News updates on the Purple Line. In short, the financing is in place including a $875 million TIFIA loan and the contracts have been signed. So the design-build stage of the project should be underway.

Railway Age: Maryland Purple Line closes financial deal



> Maryland Department of Transportation (MDOT), Maryland Transit Administration (MTA) and Purple Line Transit Partners, have signed the final financial documents for a $5.6 billion PPP contract to design, build, finance, operate and maintain the light rail Purple Line north of Washington DC.
> 
> Purple Line Transit Partners comprises Meridiam as a 70% equity provider, with Fluor Enterprises and Star America each providing 15% of the equity.
> 
> ...


Railway Gazette: CAF awarded Maryland Purple Line LRV contract



> USA: CAF has been awarded a contract to supply 26 five-section light rail vehicles for the Purple Line project in the Maryland suburbs of Washington DC.
> 
> The contract announced by CAF on June 28 is to be managed by its CAF USA subsidiary, which will manufacture the LRVs at its plant in Elmira, New York. The contract is worth more than US$200m and includes spare parts, tools and test equipment.
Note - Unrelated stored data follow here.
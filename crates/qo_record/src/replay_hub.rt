//! A recorded stream that is read from a source as a hub, whose transcript goes into a sink.

ghost use Rattle.std.specs.Prelude.{◌≡◌, ◌<◌, None, length, IfErr, IfOk};
ghost use Rattle.qo_record.specs.Replays.{IsStarved, Went, bad_ahead, inputs_ahead, unread, went_nowhere, went_then};
ghost use Rattle.qo_record.specs.declared.windows.TheConstants.{AHEAD_BYTES};

use crate::lines::put_message;
use crate::readers::Reader;
use qo_causes::{Failed, Hub, Input, Lane, NextError, SendError, Sink, Source};
use std::alloc::{AllocError, Global};
use std::marker::Model;

/// The source and the sink of a hub for which there was not enough memory, as they were given.
pub struct Unmade<S, K> {
    /// The source that was given.
    pub source: S,
    /// The sink that was given.
    pub sink: K,
}

/// A recorded stream that is read from a source, entry by entry, as a hub.
///
/// It gives the entries of the stream as inputs, in order, and then their end, or the bad place where bytes
/// are left that are no entry. It takes bytes from the source only where it holds no whole entry, and holds fewer
/// than `AHEAD_BYTES` of them. Each message goes into the sink at once, as a line: its lane, a space, and its bytes. The
/// lane of a session is the name that it has by the entries that were given, or its number where it is not open; in a
/// stream of the first version a session's name is its number. No session is lost.
///
/// Contracts see the source, the sink, and how far the stream was read.
#[derive(Drop)]
pub struct ReplayHub<S, K> {
    source: S,
    sink: K,
    reader: Reader,
    // Where the line of a message is made.
    line: Vec<u8>,
}

impl<S, K> Model for ReplayHub<S, K> {
    ghost use Rattle.qo_record.specs.Replays.{Replaying};

    ghost Value = { Replaying S K };

    ghost view = { λ h. record { source = h.source; sink = h.sink; read = h.reader } };
}

impl<S: Source, K: Sink> ReplayHub<S, K> {
    /// A hub over a source, with a sink for the transcript. It takes the memory of its buffer, which has a fixed length,
    /// and gives source and sink back where there is none. Nothing is taken from the source.
    pub fn new(alloc: Global, source: S, sink: K) -> Result<ReplayHub<S, K>, Unmade<S, K>>
        ensures made { IfOk result (λ hub. hub ≡ record { source = source; sink = sink; read = unread }) }
        ensures unmade { IfErr result (λ parts. (parts.source ≡ source) × (parts.sink ≡ sink)) }
    {
        match Reader::new(alloc) {
            Ok(reader) => Ok(ReplayHub {
                source,
                sink,
                reader,
                line: Vec::new(alloc),
            }),
            Err(AllocError) => Err(Unmade { source, sink }),
        }
    }

    /// The source and the sink, with the transcript. What was taken and not read is lost. It takes no memory.
    pub fn into_parts(self) -> (S, K)
        ensures source { result.0 ≡ self.source }
        ensures sink { result.1 ≡ self.sink }
        ensures few { length self.read.buffered < AHEAD_BYTES }
    {
        let _held = self.reader.buffered_count();
        let ReplayHub {
            source,
            sink,
            reader: _,
            line: _,
        } = self;
        (source, sink)
    }
}

impl<S: Source, K: Sink> Hub for ReplayHub<S, K> {
    ghost inputs = { λ h. inputs_ahead h.read (S.left h.source) };

    ghost names = { λ h. h.read.names };

    ghost bad = { λ h. bad_ahead h.read (S.left h.source) };

    ghost got = { λ _ _. None };

    ghost sent = { λ h. K.held h.sink };

    ghost asked = { λ _. None };

    ghost next_faults = { λ h. S.faults h.source };

    ghost send_faults = { λ h. K.faults h.sink };

    ghost losses = { λ _ _. 0 };

    // Nothing that was held could be given: no entry, and no wrong one.
    ghost starved = { λ h. IsStarved h.read };

    // Whole entries were given, and nothing else became of what was ahead.
    ghost later = { λ a b. Went a.read b.read (S.left a.source) (S.left b.source) };

    /// Begins nothing: the stream is there. It changes nothing and takes no memory.
    fn begin(&mut self, _path: &str, _connections: u32) -> Result<(), Failed> {
        Ok(())
    }

    /// The next entry, or the end of the inputs, with the moment 0.000000. A whole entry that is held is given without a
    /// take. Its memory is that of the entry's bytes.
    fn next(&mut self) -> Result<Input, NextError> {
        self.reader.next(&mut self.source)
    }

    /// Puts the transcript's line of the message into the sink, in one piece where there is memory for it.
    fn send(&mut self, lane: Lane, bytes: &[u8]) -> Result<(), SendError> {
        let names = self.reader.names();
        match put_message(&mut self.sink, &mut self.line, names, lane, bytes) {
            Ok(()) => Ok(()),
            Err(Failed) => Err(SendError::Failed),
        }
    }

    ghost now = { λ a. went_nowhere a.read (S.left a.source) };

    ghost after = { λ a b c p q. went_then a.read b.read c.read (S.left a.source) (S.left b.source) (S.left c.source) p q };
}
Hope the CAF production of the LRVs for the Purple Line goes better than the Viewliner II order from Amtrak. :huh:


----------



## afigg (Aug 28, 2017)

Reviving an old thread...

The Maryland Purple Line project, after a year long delay due to a Federal judge, had a public ground breaking ceremony for start of construction on Monday, August 28, 2017. The judge came damn close to killing the project, but it managed to survive and get the critical federal funding from the Trump administration DOT. There has been a year long saga of the judge vacating the federal approval and court battles that I won't get into, except to note the delay, after umpteen years of studies, more studies, design, and getting the light rail line approved and funded shows just how damn difficult it is to build transit systems in the US.

Bethesda Beat with videos, photos, and backstory for today's kick-off event: Officials Break Ground on Long-Awaited Purple Line Project; Construction Immediately Starts.
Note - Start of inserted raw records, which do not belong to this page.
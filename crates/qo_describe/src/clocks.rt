//! The numbers of clocks.

ghost use Rattle.std.specs.Prelude.{◌≡◌, ◌==◌, ◌&&◌, ◌++◌, ℕ, List, [], ◌∷◌, map, not, unwrap_or, IfOk, OnOk};
ghost use Rattle.serde_json.specs.Data.{string};
ghost use Rattle.serde_json.specs.View.{view};
ghost use Rattle.qo_heap.specs.Board.{Shows};
ghost use Rattle.qo_heap.specs.Rows.{IsLive};
ghost use Rattle.qo_model.specs.Board.{Board};
ghost use Rattle.qo_model.specs.Clocks.{div_of, mul_of, own_period};
ghost use Rattle.qo_model.specs.Devices.{number_at};
ghost use Rattle.qo_model.specs.RowNames.{property_name};
ghost use Rattle.qo_save.specs.Described.{clock_numbers, factors_of};
ghost use Rattle.qo_save.specs.Description.{clock_data, clock_item_data, clock_item_names, clock_names, named, whole};
ghost use Rattle.qo_describe.specs.Told.{clock_told, entry_told};
ghost use Rattle.qo_describe.specs.declared.parts.Part.TheVariants.{Clocks};

use qo_buses::{clock_of, number_at};
use qo_heap::{Heap, Oid, Steps};
use qo_model::PropertyName;
use qo_properties::path_text;
use qo_values::SYSTEM_CLOCK_BIRTH;
use serde_json::{Value, json};
use std::alloc::{AllocError, Global};
use std::sync::ledger::Ledger;

/// A number of a clock, or another where it has none.
fn number_or<L: Ledger>(
    heap: &Heap,
    clock: Oid,
    name: PropertyName,
    other: u64,
    steps: &mut Steps<L>,
) -> u64
    requires { IsLive heap.now.rows clock }
    ensures { (b : Board) → Shows b heap.now → result ≡ unwrap_or (number_at b clock.birth (property_name name)) other }
{
    number_at(heap, clock, name, steps).unwrap_or(other)
}

/// By what a clock divides its period for the clocks that go by it.
fn div<L: Ledger>(heap: &Heap, clock: Oid, steps: &mut Steps<L>) -> u64
    requires { IsLive heap.now.rows clock }
    ensures { (b : Board) → Shows b heap.now → result ≡ div_of b clock.birth }
{
    number_or(heap, clock, PropertyName::Div, 1, steps)
}

/// By what it multiplies it.
fn mul<L: Ledger>(heap: &Heap, clock: Oid, steps: &mut Steps<L>) -> u64
    requires { IsLive heap.now.rows clock }
    ensures { (b : Board) → Shows b heap.now → result ≡ mul_of b clock.birth }
{
    number_or(heap, clock, PropertyName::Mul, 1, steps)
}

/// The period of a clock itself.
fn own_period<L: Ledger>(heap: &Heap, clock: Oid, steps: &mut Steps<L>) -> u64
    requires { IsLive heap.now.rows clock }
    ensures { (b : Board) → Shows b heap.now → result ≡ own_period b clock.birth }
{
    number_or(heap, clock, PropertyName::Period, 0, steps)
}

/// The numbers of a clock as a JSON object.
fn numbers_value(alloc: Global, div: u64, mul: u64, period: u64) -> Result<Value, AllocError>
    ensures { IfOk result (λ v. view v ≡ named clock_names (whole div ∷ whole mul ∷ whole period ∷ [])) }
{
    json!(in alloc; {"div": div, "mul": mul, "period": period})
}

/// The numbers of a clock.
fn clock_numbers<L: Ledger>(
    heap: &Heap,
    clock: Oid,
    alloc: Global,
    steps: &mut Steps<L>,
) -> Result<Value, AllocError>
    requires { IsLive heap.now.rows clock }
    ensures { (b : Board) → Shows b heap.now → IfOk result (λ v. view v ≡ named clock_names (whole (div_of b clock.birth) ∷ whole (mul_of b clock.birth) ∷ whole (own_period b clock.birth) ∷ [])) }
{
    let div = div(heap, clock, steps);
    let mul = mul(heap, clock, steps);
    let period = own_period(heap, clock, steps);
    numbers_value(alloc, div, mul, period)
}

/// The numbers of the system clock.
pub(crate) fn clock_value<L: Ledger>(
    heap: &Heap,
    alloc: Global,
    steps: &mut Steps<L>,
) -> Result<Value, AllocError>
    ensures { (b : Board) → Shows b heap.now → IfOk result (λ v. view v ≡ clock_data (clock_numbers b)) }
{
    match heap.by_birth(SYSTEM_CLOCK_BIRTH) {
        Some(clock) => clock_numbers(heap, clock, alloc, steps),
        None => numbers_value(alloc, 1, 1, 0),
    }
}

/// How a clock at a path divides and multiplies, as a JSON object.
fn factors_value(alloc: Global, div: u64, mul: u64, path: &str) -> Result<Value, AllocError>
    ensures { IfOk result (λ v. view v ≡ named clock_item_names (whole div ∷ whole mul ∷ string path.now ∷ [])) }
{
    json!(in alloc; {"div": div, "mul": mul, "path": path})
}

/// How a clock divides and multiplies.
fn item_value<L: Ledger>(
    heap: &Heap,
    clock: Oid,
    alloc: Global,
    steps: &mut Steps<L>,
) -> Result<Value, AllocError>
    requires { IsLive heap.now.rows clock }
    ensures { (b : Board) → Shows b heap.now → IfOk result (λ v. view v ≡ clock_item_data (factors_of b clock.birth)) }
{
    let div = div(heap, clock, steps);
    let mul = mul(heap, clock, steps);
    let path = path_text(heap, clock, alloc, steps)?;
    factors_value(alloc, div, mul, path.as_str())
}

/// Whether a clock divides or multiplies.
fn scales<L: Ledger>(heap: &Heap, clock: Oid, steps: &mut Steps<L>) -> bool
    requires { IsLive heap.now.rows clock }
    ensures { (b : Board) → Shows b heap.now → ((mul_of b clock.birth == 1) && (div_of b clock.birth == 1)) ≡ not result }
{
    !(mul(heap, clock, steps) == 1 && div(heap, clock, steps) == 1)
}

/// Adds how a clock divides and multiplies to a list, where it does.
fn push_clock<L: Ledger>(
    heap: &Heap,
    clock: Oid,
    values: &mut Vec<Value>,
    alloc: Global,
    steps: &mut Steps<L>,
) -> Result<(), AllocError>
    requires { IsLive heap.now.rows clock }
    ensures { OnOk result ((b : Board) → Shows b heap.now → map view values.new.items ≡ map view values.old.items ++ clock_told b clock.birth) }
{
    if !scales(heap, clock, steps) {
        return Ok(());
    }
    values.push(item_value(heap, clock, alloc, steps)?)?;
    Ok(())
}

/// The same of the clock of a device, where it has one.
pub(crate) fn push_clock_of<L: Ledger>(
    heap: &Heap,
    dev: Oid,
    values: &mut Vec<Value>,
    alloc: Global,
    steps: &mut Steps<L>,
) -> Result<(), AllocError>
    requires { IsLive heap.now.rows dev }
    ensures { OnOk result ((b : Board) → Shows b heap.now → (name : List ℕ) → map view values.new.items ≡ map view values.old.items ++ entry_told Clocks b (name, dev.birth)) }
{
    match clock_of(heap, dev, steps) {
        Some(clock) => push_clock(heap, clock, values, alloc, steps),
        None => Ok(()),
    }
}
Maryland DOT proceeded with property acquisition and some utility relocation projects from what I understand during the year long delay, so some progress was made while the judge stalled the project.

Some excerpts from the article:



> Hogan and U.S. Transportation Secretary Elaine Chao participated in a ceremonial signing of the project’s federal full funding grant agreement. The signed grant will enable the state to access the $900 million in federal funds proposed for the project—including $325 million already appropriated for it.
> 
> ......
> 
> The 16.2-mile rail line is project to be completed in 2022. It will stretch along an east-west route from Bethesda to New Carrollton in Prince George’s County and include 21 stations—10 in Montgomery and 11 in Prince George’s.
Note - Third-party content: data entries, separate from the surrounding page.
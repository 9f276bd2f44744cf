//! Entries of a recorded stream, each read from the front of bytes.

ghost use Rattle.std.specs.Prelude.{◌≡◌, ◌≤◌, codes, length, option_map, IfOk, IfSome};
ghost use Rattle.qo_record.specs.Record.{bytes_at, entry_at, entry_of, guest_at, moment_after, open_at, shut_at, step_at};
ghost use Rattle.qo_record.specs.Spelling.{FitsPiece};
ghost use Rattle.qo_record.specs.Windows.{first_entry};
ghost use Rattle.qo_record.specs.Streams.{FitsSaid, IsOfSixteen, entry_said, said_by, saying, session_of};

use crate::names::{Session, SessionName, SessionNames, opening_at, session_at};
use crate::reading::{after_front, moment_at, number_until, piece_at};
use crate::versions::Version;
use qo_causes::{Chunk, Input, Moment, What};
use std::alloc::{AllocError, Global};

/// The most nanoseconds of a step: 2^63 - 1.
const STEP_MAX: u64 = 9_223_372_036_854_775_807;

/// What an entry says. Its bytes are those of the stream.
#[derive(Clone, Copy)]
enum Said<'a> {
    /// A session opens.
    Opens(Session<'a>),
    /// Bytes of a session come.
    Sends(Session<'a>, &'a [u8]),
    /// A session is shut.
    Shuts(Session<'a>),
    /// The guest writes.
    Writes(&'a [u8]),
    /// Time goes on.
    Steps(u64),
}

/// An entry, and the bytes after it.
#[derive(Clone, Copy)]
struct Entry<'a> {
    at: Moment,
    said: Said<'a>,
    rest: &'a [u8],
}

/// The first entry of some bytes as an input, with its session as it is spelled, and how many bytes it has.
#[derive(Drop)]
pub(crate) struct First {
    pub(crate) input: Input,
    pub(crate) session: SessionName,
    pub(crate) size: usize,
}

/// A session that opens.
fn open_at<'a>(
    version: Version,
    names: &SessionNames,
    bytes: &'a [u8],
) -> Option<(Said<'a>, &'a [u8])>
    ensures said { option_map saying result ≡ open_at version names.now bytes.now }
    ensures fits { IfSome result (λ x. FitsSaid x.0) }
{
    let (session, rest) = opening_at(version, names, bytes)?;
    Some((Said::Opens(session), rest))
}

/// Bytes of a session, which is open.
fn bytes_at<'a>(
    version: Version,
    names: &SessionNames,
    bytes: &'a [u8],
) -> Option<(Said<'a>, &'a [u8])>
    ensures said { option_map saying result ≡ bytes_at version names.now bytes.now }
    ensures fits { IfSome result (λ x. FitsSaid x.0) }
{
    let (session, rest) = session_at(version, names, b' ', bytes)?;
    let (piece, rest) = piece_at(rest)?;
    Some((Said::Sends(session, piece), rest))
}

/// A session that is shut, and was open.
fn shut_at<'a>(
    version: Version,
    names: &SessionNames,
    bytes: &'a [u8],
) -> Option<(Said<'a>, &'a [u8])>
    ensures said { option_map saying result ≡ shut_at version names.now bytes.now }
    ensures fits { IfSome result (λ x. FitsSaid x.0) }
{
    let (session, rest) = session_at(version, names, b'\n', bytes)?;
    Some((Said::Shuts(session), rest))
}

/// What the guest writes.
fn guest_at(bytes: &[u8]) -> Option<(Said<'_>, &[u8])>
    ensures said { option_map saying result ≡ guest_at bytes.now }
    ensures fits { IfSome result (λ x. FitsSaid x.0) }
{
    let (piece, rest) = piece_at(bytes)?;
    Some((Said::Writes(piece), rest))
}

/// How far time goes on.
fn step_at(bytes: &[u8]) -> Option<(Said<'_>, &[u8])>
    ensures said { option_map saying result ≡ step_at bytes.now }
    ensures fits { IfSome result (λ x. FitsSaid x.0) }
{
    let (nanos, rest) = number_until(b'\n', STEP_MAX, bytes)?;
    if nanos == 0 {
        return None;
    }
    Some((Said::Steps(nanos), rest))
}

/// The moment after a word.
#[inline(always)]
pub(crate) fn moment_after<'a>(word: &[u8], bytes: &'a [u8]) -> Option<(Moment, &'a [u8])>
    ensures { option_map (λ x. (x.0, x.1.now)) result ≡ moment_after word.now bytes.now }
{
    moment_at(after_front(word, bytes)?)
}

/// An entry with the word `open`.
fn open_entry<'a>(version: Version, names: &SessionNames, bytes: &'a [u8]) -> Option<Entry<'a>>
    ensures entry { option_map entry_said result ≡ entry_of (codes "open ") (open_at version names.now) bytes.now }
    ensures fits { IfSome result (λ e. FitsSaid e.said) }
{
    let (at, rest) = moment_after(b"open ", bytes)?;
    let (said, rest) = open_at(version, names, rest)?;
    Some(Entry { at, said, rest })
}

/// An entry with the word `bytes`.
fn bytes_entry<'a>(version: Version, names: &SessionNames, bytes: &'a [u8]) -> Option<Entry<'a>>
    ensures entry { option_map entry_said result ≡ entry_of (codes "bytes ") (bytes_at version names.now) bytes.now }
    ensures fits { IfSome result (λ e. FitsSaid e.said) }
{
    let (at, rest) = moment_after(b"bytes ", bytes)?;
    let (said, rest) = bytes_at(version, names, rest)?;
    Some(Entry { at, said, rest })
}

/// An entry with the word `shut`.
fn shut_entry<'a>(version: Version, names: &SessionNames, bytes: &'a [u8]) -> Option<Entry<'a>>
    ensures entry { option_map entry_said result ≡ entry_of (codes "shut ") (shut_at version names.now) bytes.now }
    ensures fits { IfSome result (λ e. FitsSaid e.said) }
{
    let (at, rest) = moment_after(b"shut ", bytes)?;
    let (said, rest) = shut_at(version, names, rest)?;
    Some(Entry { at, said, rest })
}

/// An entry with the word `guest`.
fn guest_entry(bytes: &[u8]) -> Option<Entry<'_>>
    ensures entry { option_map entry_said result ≡ entry_of (codes "guest ") guest_at bytes.now }
    ensures fits { IfSome result (λ e. FitsSaid e.said) }
{
    let (at, rest) = moment_after(b"guest ", bytes)?;
    let (said, rest) = guest_at(rest)?;
    Some(Entry { at, said, rest })
}

/// An entry with the word `step`.
fn step_entry(bytes: &[u8]) -> Option<Entry<'_>>
    ensures entry { option_map entry_said result ≡ entry_of (codes "step ") step_at bytes.now }
    ensures fits { IfSome result (λ e. FitsSaid e.said) }
{
    let (at, rest) = moment_after(b"step ", bytes)?;
    let (said, rest) = step_at(rest)?;
    Some(Entry { at, said, rest })
}

/// The entry at the front of the bytes.
#[tactic(auto, unfolding(crate::specs::Record::entry_at))]
fn entry_at<'a>(version: Version, names: &SessionNames, bytes: &'a [u8]) -> Option<Entry<'a>>
    ensures entry { option_map entry_said result ≡ entry_at version names.now bytes.now }
    ensures fits { IfSome result (λ e. FitsSaid e.said) }
{
    if let Some(entry) = open_entry(version, names, bytes) {
        return Some(entry);
    }
    if let Some(entry) = bytes_entry(version, names, bytes) {
        return Some(entry);
    }
    if let Some(entry) = shut_entry(version, names, bytes) {
        return Some(entry);
    }
    match guest_entry(bytes) {
        Some(entry) => Some(entry),
        None => step_entry(bytes),
    }
}

/// The session of an entry as it is spelled; no bytes where it has none.
fn session_of(said: Said) -> SessionName
    requires { FitsSaid said }
    ensures { result ≡ session_of said.entry }
{
    match said {
        Said::Opens(session) | Said::Sends(session, _) | Said::Shuts(session) => {
            SessionName::from_slice(session.name)
        }
        Said::Writes(_) | Said::Steps(_) => SessionName::empty(),
    }
}

/// A piece of the stream as a chunk of its own.
fn chunk_of(alloc: Global, piece: &[u8]) -> Result<Chunk, AllocError>
    requires { FitsPiece piece.now }
    ensures { IfOk result (λ chunk. chunk ≡ piece.now) }
{
    Ok(Chunk::from_vec(Vec::from_slice(alloc, piece)?))
}

/// What an entry says, as an input. Its memory is that of the bytes.
fn what_of(alloc: Global, said: Said) -> Result<What, AllocError>
    requires { FitsSaid said }
    ensures { IfOk result (λ what. what ≡ said_by said.entry) }
{
    match said {
        Said::Opens(session) => Ok(What::Open(session.number)),
        Said::Sends(session, piece) => Ok(What::Bytes(session.number, chunk_of(alloc, piece)?)),
        Said::Shuts(session) => Ok(What::Shut(session.number)),
        Said::Writes(piece) => Ok(What::Guest(chunk_of(alloc, piece)?)),
        Said::Steps(nanos) => Ok(What::Step(nanos)),
    }
}

/// The entry at the front of the bytes, as an input.
#[inline(always)]
pub(crate) fn first_of(
    alloc: Global,
    version: Version,
    names: &SessionNames,
    bytes: &[u8],
) -> Result<Option<First>, AllocError>
    ensures entry { IfOk result (λ found. option_map (first_entry bytes.now) found ≡ entry_at version names.now bytes.now) }
    ensures number { IfOk result (λ found. IfSome found (λ f. IsOfSixteen f.input.what)) }
    ensures within { IfOk result (λ found. IfSome found (λ f. f.size ≤ length bytes.now)) }
{
    let Some(entry) = entry_at(version, names, bytes) else {
        return Ok(None);
    };
    let what = what_of(alloc, entry.said)?;
    Ok(Some(First {
        input: Input { at: entry.at, what },
        session: session_of(entry.said),
        size: bytes.len() - entry.rest.len(),
    }))
}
Before the judge stalled the Purple Line project, it had a 2021 completion and start of service projected date.

How long has the project been in the works? Long enough to grow up and have kids...



> Gov. William Donald Schaefer first pitched a transit project on the former CSX rail right-of-way in southern Montgomery County in 1989 and it was further developed by Gov. Parris Glendening. In the mid-2000s, Republican Gov. Robert Ehrlich studied whether to turn it into a bus route. After beating Ehrlich in 2006, Gov. Martin O’Malley fought for the light-rail line and budgeted funds for it during his administration.
> 
> Since then, the line has overcome opposition from Columbia Country Club and the Town of Chevy Chase. The light-rail line will run through the club and next to the town along the current site of the Georgetown Branch Trail.
> 
> "We made it," Senator Chris Van Hollen said at the groundbreaking. "It's been like a long-distance relay run with one administration after another passing the baton to the next."


----------